Remix.run Logo
spwa4 7 hours ago

Exactly, if there's one thing transformers are good at it's translation. One I've found particularly nice: any question ChatGPT can answer in English it can answer in French. I'm assuming Norwegian too. So there's no point.

sgt 7 hours ago | parent | next [-]

There's quite a bit more to culture and language than just being able to have transformers come up with believable language and/or dialect.

sisve 6 hours ago | parent | prev | next [-]

The point is that norway willl have its own LLM. And will not have dependencies to another state or private company.
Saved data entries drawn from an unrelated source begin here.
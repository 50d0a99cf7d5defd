//! The words of a page that a hand has looked at.

use bl_index_rule::{PassState, Passes};
use bl_page::Words;
use bl_store::{Glance, Hand, Store};

/// A page that a hand of the store has looked at.
#[derive(Clone, Copy)]
pub struct FrameView<'a> {
    pub store: &'a Store<PassState, Passes>,
    pub glance: Glance,
}

impl Words for FrameView<'_> {
    ghost use Rattle.bl_store.specs.Hands.{read_words, ReadsFrom};
    ghost use Rattle.bl_store.specs.Owners.{IsHandOf};

    type Hand = Hand<PassState>;

    ghost shown = { λ source hand. read_words hand.seat };

    ghost Sees = { λ source hand. IsHandOf source.store.now hand × ReadsFrom hand.seat source.glance };

    ghost long = { λ source hand sees. sees.1.3 };

    #[inline(always)]
    fn word(&self, hand: &mut Hand<PassState>, used: &mut u32, place: usize) -> u64 {
        let mut glance = self.glance.having(*used);
        let word = self.store.word(hand, &mut glance, place);
        *used = glance.used();
        word
    }
}
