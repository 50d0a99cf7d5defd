//! The events of a process of which there is no value: the hand's pass knows where it stands.

ghost use Rattle.std.specs.Prelude.{◌≡◌, ◌≤◌, ◌<◌, ◌+◌, ℕ, Bool, true, false, MatchOption, IfNone, IsTrue};
ghost use Rattle.bl_one_moment.specs.Moments.{puts_at};
ghost use Rattle.bl_page.specs.declared.page.Page.{Page};
ghost use Rattle.bl_page.specs.Pairs.{IsChild};
ghost use Rattle.bl_page.specs.Words.{words_of};
ghost use Rattle.bl_proc_steps.specs.declared.acts.Action.TheVariants as act;
ghost use Rattle.bl_proc_steps.specs.declared.acts.Seen.TheVariants as seen;
ghost use Rattle.bl_proc.specs.declared.kinds.Proc.{Proc};
ghost use Rattle.bl_proc.specs.Processes.{next_of};
ghost use Rattle.bl_proc_deterministic.specs.Courses.{GoesOn};
ghost use Rattle.bl_proc_deterministic.specs.Frames.{op_of, work_of};
ghost use Rattle.bl_store.specs.Drafts.{IsSplice};
ghost use Rattle.bl_store.specs.Hands.{known, read_words, IsSameHand, IsSameStamp, IsSameStock, HasNoStock, IsStockOf, ReadsFrom, WasRefused, IsSameRefusal, Keeps, KeepsNow};
ghost use Rattle.bl_index_rule.specs.declared.known.PassState.{PassState as Knows};
ghost use Rattle.bl_index_rule.specs.Observed.{Goes, HasFirmTrail, HasLeftTop, HasLeftWalk, is_unput as unput_since};
ghost use Rattle.bl_proc_invariant.specs.Walks.{LeavesWalk, at_summit};
ghost use Rattle.bl_proc_steps.specs.declared.lowering.Summit.{Summit as SummitIs};
ghost use Rattle.bl_index_events.specs.Held.{KeepsLatch};
ghost use Rattle.bl_index_events.specs.Runs.{Runs, KeepsHand, Rests, IsSince, IsDone, EndsAs};

use crate::tree::Tree;
use bl_index_rule::{
    Ended, Got, GotKept, LeftTop, LeftWalk, Opened, PassState, Probed, Put, Refused, Took, Tried,
    Unput,
};
use bl_reserve::{finds_frames, reserve};
use bl_store::{Glance, Hand, Splice, Stock};
use std::thread;

/// How often a process lets others run at most where it finds too few frames. It is not often: on a crowded machine each time costs a slice of each
/// other thread, and those that wait for the page that this one holds are in the middle of a process too, so they hold frames back as long as it waits.
const YIELDS: u32 = 16;

impl Tree {
    /// The process gets the page.
    #[inline(always)]
    pub fn look(&self, hand: &mut Hand<PassState>, page: u32) -> Glance
        requires runs { Runs self.now hand.old (known hand.old.seat).state }
        requires next { next_of (known hand.old.seat).state ≡ act.Get page }
        requires course { (c : Page) → GoesOn (known hand.old.seat).state (seen.Words c) }
        ensures same { KeepsHand hand.old.seat hand.new.seat }
        ensures reads { ReadsFrom hand.new.seat result }
        ensures goes { (c : Page) × (read_words hand.new.seat ≡ words_of c) × Goes (seen.Words c) (known hand.old.seat) (known hand.new.seat) }
    {
        match self.store.glance::<Got>(hand, page) {
            Some(glance) => glance,
            None => unreachable!(),
        }
    }

    /// The process gets the page, and keeps it in mind: see [`Tree::is_unput`].
    #[inline(always)]
    pub fn look_keeping(&self, hand: &mut Hand<PassState>, page: u32) -> Glance
        requires runs { Runs self.now hand.old (known hand.old.seat).state }
        requires next { next_of (known hand.old.seat).state ≡ act.Get page }
        requires course { (c : Page) → GoesOn (known hand.old.seat).state (seen.Words c) }
        ensures same { KeepsHand hand.old.seat hand.new.seat }
        ensures reads { ReadsFrom hand.new.seat result }
        ensures goes { (c : Page) × (read_words hand.new.seat ≡ words_of c) × Goes (seen.Words c) (known hand.old.seat) (known hand.new.seat) }
        ensures keeps { KeepsNow hand.old.seat hand.new.seat page (puts_at page (known hand.new.seat).trail) result }
        ensures firm { HasFirmTrail (known hand.new.seat) }
    {
        match self.store.glance_keeping::<GotKept>(hand, page) {
            Some(glance) => glance,
            None => unreachable!(),
        }
    }

    /// Whether nobody has put the page since the process kept that look at it in mind. It is no event.
    #[inline(always)]
    pub fn is_unput(&self, hand: &mut Hand<PassState>, page: u32, glance: Glance) -> bool
        requires runs { Runs self.now hand.old (known hand.old.seat).state }
        requires page { page < self.now.store.layout.pages }
        ensures same { hand.new ≡ hand.old }
        ensures unput { IsTrue result → (version : ℕ) → Keeps hand.old.seat page version glance → unput_since (known hand.old.seat) page version }
    {
        self.store.is_kept::<Unput>(hand, page, glance)
    }

    /// The process tries to latch the page.
    #[inline(always)]
    pub fn try_latch(&self, hand: &mut Hand<PassState>, page: u32) -> bool
        requires runs { Runs self.now hand.old (known hand.old.seat).state }
        requires next { next_of (known hand.old.seat).state ≡ act.Latch page }
        requires course { GoesOn (known hand.old.seat).state seen.Done × GoesOn (known hand.old.seat).state seen.Missed }
        ensures same { KeepsHand hand.old.seat hand.new.seat }
        ensures done { result ≡ true → Goes seen.Done (known hand.old.seat) (known hand.new.seat) }
        ensures missed { result ≡ false → Goes seen.Missed (known hand.old.seat) (known hand.new.seat) }
    {
        self.store.try_latch::<Tried>(hand, page)
    }

    /// The process looks whether the page is open.
    #[inline(always)]
    pub fn is_open(&self, hand: &mut Hand<PassState>, page: u32) -> bool
        requires runs { Runs self.now hand.old (known hand.old.seat).state }
        requires page { page < self.now.store.layout.pages }
        requires next { next_of (known hand.old.seat).state ≡ act.Probe page }
        requires course { (free : Bool) → GoesOn (known hand.old.seat).state (seen.Probed free) }
        ensures same { KeepsHand hand.old.seat hand.new.seat }
        ensures kept { hand.new.seat.me.0.kept ≡ hand.old.seat.me.0.kept }
        ensures goes { Goes (seen.Probed result) (known hand.old.seat) (known hand.new.seat) }
    {
        self.store.probe::<Probed>(hand, page)
    }

    /// The process opens the page.
    #[inline(always)]
    pub fn reopen(&self, hand: &mut Hand<PassState>, page: u32)
        requires runs { Runs self.now hand.old (known hand.old.seat).state }
        requires next { next_of (known hand.old.seat).state ≡ act.Open page }
        requires course { GoesOn (known hand.old.seat).state seen.Done }
        ensures same { KeepsHand hand.old.seat hand.new.seat }
        ensures goes { Goes seen.Done (known hand.old.seat) (known hand.new.seat) }
        ensures refusal { IsSameRefusal hand.old.seat hand.new.seat }
    {
        self.store.open::<Opened>(hand, page);
    }

    /// A post on its walk from the page to the child gives that up, and opens the page: it goes on as one that was about to open it, and
    /// begins its way again. So a post that may not wait need not hold its parent however long the walk is.
    #[inline(always)]
    pub fn leave_walk(&self, hand: &mut Hand<PassState>, page: u32)
        requires runs { Runs self.now hand.old (known hand.old.seat).state }
        requires page { page < self.now.store.layout.pages }
        requires walks { (off : Proc) × LeavesWalk (known hand.old.seat).state off page }
        ensures same { KeepsHand hand.old.seat hand.new.seat }
        ensures off { HasLeftWalk (known hand.old.seat) page (known hand.new.seat) }
        ensures refusal { IsSameRefusal hand.old.seat hand.new.seat }
    {
        self.store.open::<LeftWalk>(hand, page);
    }

    /// A lowering that holds the anchor, and is to latch the top page, opens the anchor and looks again: so one that may not wait need not hold
    /// it as long as that page is another's.
    #[inline(always)]
    pub fn leave_top(&self, hand: &mut Hand<PassState>)
        requires runs { Runs self.now hand.old (known hand.old.seat).state }
        requires top { (t : SummitIs) × ((known hand.old.seat).state ≡ at_summit t) }
        ensures same { KeepsHand hand.old.seat hand.new.seat }
        ensures left { HasLeftTop (known hand.old.seat) (known hand.new.seat) }
        ensures refusal { IsSameRefusal hand.old.seat hand.new.seat }
    {
        self.store.open::<LeftTop>(hand, 0);
    }

    /// Lets other threads run while a reservation would find too few frames, so often at most: those that hold frames back may be in the
    /// middle of a process, and this one may have lost its processor since it looked for frames before it began. It holds others back
    /// itself meanwhile, so it may not be for long. Who may wait calls it before a process changes the page that it holds; nothing else here
    /// waits.
    #[inline(always)]
    pub fn await_frames(&self, hand: &Hand<PassState>) {
        if !finds_frames(&self.store, hand) {
            self.let_others_run(hand);
        }
    }

    /// Others may have frames to release: they get the processor some times, until there are enough.
    #[inline(never)]
    fn let_others_run(&self, hand: &Hand<PassState>) {
        for _ in 0..YIELDS {
            if finds_frames(&self.store, hand) {
                return;
            }
            thread::yield_now();
        }
    }

    /// The process reserves a frame and puts the page with these words, or is refused.
    #[inline(always)]
    pub fn replace(&self, hand: &mut Hand<PassState>, page: u32, words: &[u64; 32]) -> bool
        requires runs { Runs self.now hand.old (known hand.old.seat).state }
        requires next { (c : Page) × (next_of (known hand.old.seat).state ≡ act.Put page c) × (words.now ≡ words_of c) }
        requires course { GoesOn (known hand.old.seat).state seen.Done × GoesOn (known hand.old.seat).state seen.Refused }
        requires empty { HasNoStock hand.old.seat }
        ensures same { IsSameHand hand.old.seat hand.new.seat × IsSameStamp hand.old.seat hand.new.seat }
        ensures empty { HasNoStock hand.new.seat }
        ensures done { result ≡ true → Goes seen.Done (known hand.old.seat) (known hand.new.seat) }
        ensures refused { result ≡ false → Goes seen.Refused (known hand.old.seat) (known hand.new.seat) }
        ensures asked { result ≡ false → WasRefused hand.new.seat 0 1 }
    {
        match reserve::<_, _, _, Took, Refused>(&self.store, hand, 0, 1) {
            Ok(stock) => {
                let mut stock = stock;
                self.store.put::<Put>(hand, page, words, &mut stock);
                true
            }
            Err(_) => false,
        }
    }

    /// The process reserves a frame and puts the page, whose words are those that it looked at last, changed so, or is refused.
    #[inline(always)]
    pub fn replace_splice(
        &self,
        hand: &mut Hand<PassState>,
        page: u32,
        glance: Glance,
        change: Splice,
    ) -> bool
        requires runs { Runs self.now hand.old (known hand.old.seat).state }
        requires reads { ReadsFrom hand.old.seat glance }
        requires at { (0 < change.at) × (change.at ≤ 30) }
        requires next { (c : Page) × (next_of (known hand.old.seat).state ≡ act.Put page c) × IsSplice change (read_words hand.old.seat) (words_of c) }
        requires course { GoesOn (known hand.old.seat).state seen.Done × GoesOn (known hand.old.seat).state seen.Refused }
        requires empty { HasNoStock hand.old.seat }
        ensures same { IsSameHand hand.old.seat hand.new.seat × IsSameStamp hand.old.seat hand.new.seat }
        ensures empty { HasNoStock hand.new.seat }
        ensures done { result ≡ true → Goes seen.Done (known hand.old.seat) (known hand.new.seat) }
        ensures refused { result ≡ false → Goes seen.Refused (known hand.old.seat) (known hand.new.seat) }
        ensures asked { result ≡ false → WasRefused hand.new.seat 0 1 }
    {
        match reserve::<_, _, _, Took, Refused>(&self.store, hand, 0, 1) {
            Ok(stock) => {
                let mut stock = stock;
                self.store
                    .put_splice::<Put>(hand, page, glance, change, &mut stock);
                true
            }
            Err(_) => false,
        }
    }

    /// The process reserves a page and two frames, and takes the page, or is refused.
    pub fn take_page(&self, hand: &mut Hand<PassState>) -> Option<(u32, Stock)>
        requires runs { Runs self.now hand.old (known hand.old.seat).state }
        requires next { next_of (known hand.old.seat).state ≡ act.Take }
        requires course { ((y : ℕ) → IsChild y → GoesOn (known hand.old.seat).state (seen.Took y)) × GoesOn (known hand.old.seat).state seen.Refused }
        requires empty { HasNoStock hand.old.seat }
        ensures same { IsSameHand hand.old.seat hand.new.seat × IsSameStamp hand.old.seat hand.new.seat }
        ensures took { MatchOption result (HasNoStock hand.new.seat × Goes seen.Refused (known hand.old.seat) (known hand.new.seat)) (λ t. IsChild t.0
            × IsStockOf hand.new.seat t.1 × (t.1.count ≡ 2) × Goes (seen.Took t.0) (known hand.old.seat) (known hand.new.seat)) }
        ensures asked { IfNone result (WasRefused hand.new.seat 1 2) }
    {
        match reserve::<_, _, _, Took, Refused>(&self.store, hand, 1, 2) {
            Ok(stock) => match stock.page() {
                Some(page) => Some((page, stock)),
                None => unreachable!(),
            },
            Err(_) => None,
        }
    }

    /// The process puts the page with these words, in a frame that it has reserved.
    pub fn put_reserved(
        &self,
        hand: &mut Hand<PassState>,
        page: u32,
        words: &[u64; 32],
        stock: &mut Stock,
    )
        requires runs { Runs self.now hand.old (known hand.old.seat).state }
        requires next { (c : Page) × (next_of (known hand.old.seat).state ≡ act.Put page c) × (words.now ≡ words_of c) }
        requires course { GoesOn (known hand.old.seat).state seen.Done }
        requires stock { IsStockOf hand.old.seat stock.old × (0 < stock.old.count) }
        ensures same { IsSameHand hand.old.seat hand.new.seat × IsSameStamp hand.old.seat hand.new.seat }
        ensures stock { IsStockOf hand.new.seat stock.new × (stock.new.count + 1 ≡ stock.old.count) }
        ensures goes { Goes seen.Done (known hand.old.seat) (known hand.new.seat) }
    {
        self.store.put::<Put>(hand, page, words, stock);
    }

    /// The process, which is to end, ends.
    #[inline(always)]
    pub fn conclude(&self, hand: &mut Hand<PassState>)
        requires runs { Runs self.now hand.old (known hand.old.seat).state }
        requires ends { (last : Proc) × EndsAs (known hand.old.seat).state last }
        ensures same { IsSameHand hand.old.seat hand.new.seat × IsSameStock hand.old.seat hand.new.seat }
        ensures rests { Rests hand.new.seat }
        ensures done { (pass : ℕ) (old : Knows) (first last : Proc) → IsSince pass old (known hand.old.seat) → EndsAs (known hand.old.seat).state last
            → op_of (known hand.old.seat).state ≡ op_of first → work_of (known hand.old.seat).state ≡ work_of first
            → IsDone pass old (known hand.new.seat) first last }
        ensures refusal { IsSameRefusal hand.old.seat hand.new.seat }
        ensures keeps { KeepsLatch (known hand.old.seat) (known hand.new.seat) }
    {
        self.store.end::<Ended>(hand);
    }
}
The goal is not to be the best model. But to have a model that include more Norwegian data then other LLM and that it's not screwed against other sources.

dalemhurley 6 hours ago | parent | prev | next [-]

Yes transformers are great at translation as that is their purpose.

LLMs are not great at preserving cultural uniqueness and diversity. Take how “delve” has reentered the lexicon because the human assessors for pre training dialect of English uses “delve” a lot.

There is a lot of benefits to training specifically for a unique culture with unique norms to preserve the culture as we increasingly rely on LLMs.

https://www.scientificamerican.com/article/chatgpt-is-changi...

otabdeveloper4 6 hours ago | parent | prev | next [-]

They're only good at it because they were trained on massive amounts of English and French data.

vidarh 5 hours ago | parent [-]

Not really true.

Both Claude and ChatGPT can translate into minor dialects of Norwegian they will have seen very few works in because very few printed works exist in them.

E.g. I've tested both my local spoken dialect, which is rarely written, and a sociolect used by a 1970's Maoist group consiting of a few hundred people, where most of the printed material consists of novels from a couple of ex-members that became authors.

In the latter case, it claimed to not know, but was able to get a good match from just a description.

I also just had it ape Norwegian orthography from the 1910's by having it look up the rules and translate a text it had first translated from English to modern Norwegian, and it did just fine.

They will have seem some work in these dialects, but mostly it transfer really well to know related languages (English, Dutch, German, Swedish, Danish, roughly form a continuum from least in common to most in common with modern Norwegian; they all share vocabulary and significant parts of grammar with Norwegian), and then a relatively limited exposure to Norwegian itself is sufficient to do fairly well.

They're also really good at "style transfer" of text in the form of tweaking orthography, word order, and minor grammar changes from descriptions and examples.

(incidentally, the latter is one way of getting an LLM to sound a lot less like an LLM)

dzhiurgis 5 hours ago | parent | prev [-]

Model can speak Lithuanian too, but with a Russian accent which is a big taboo for us.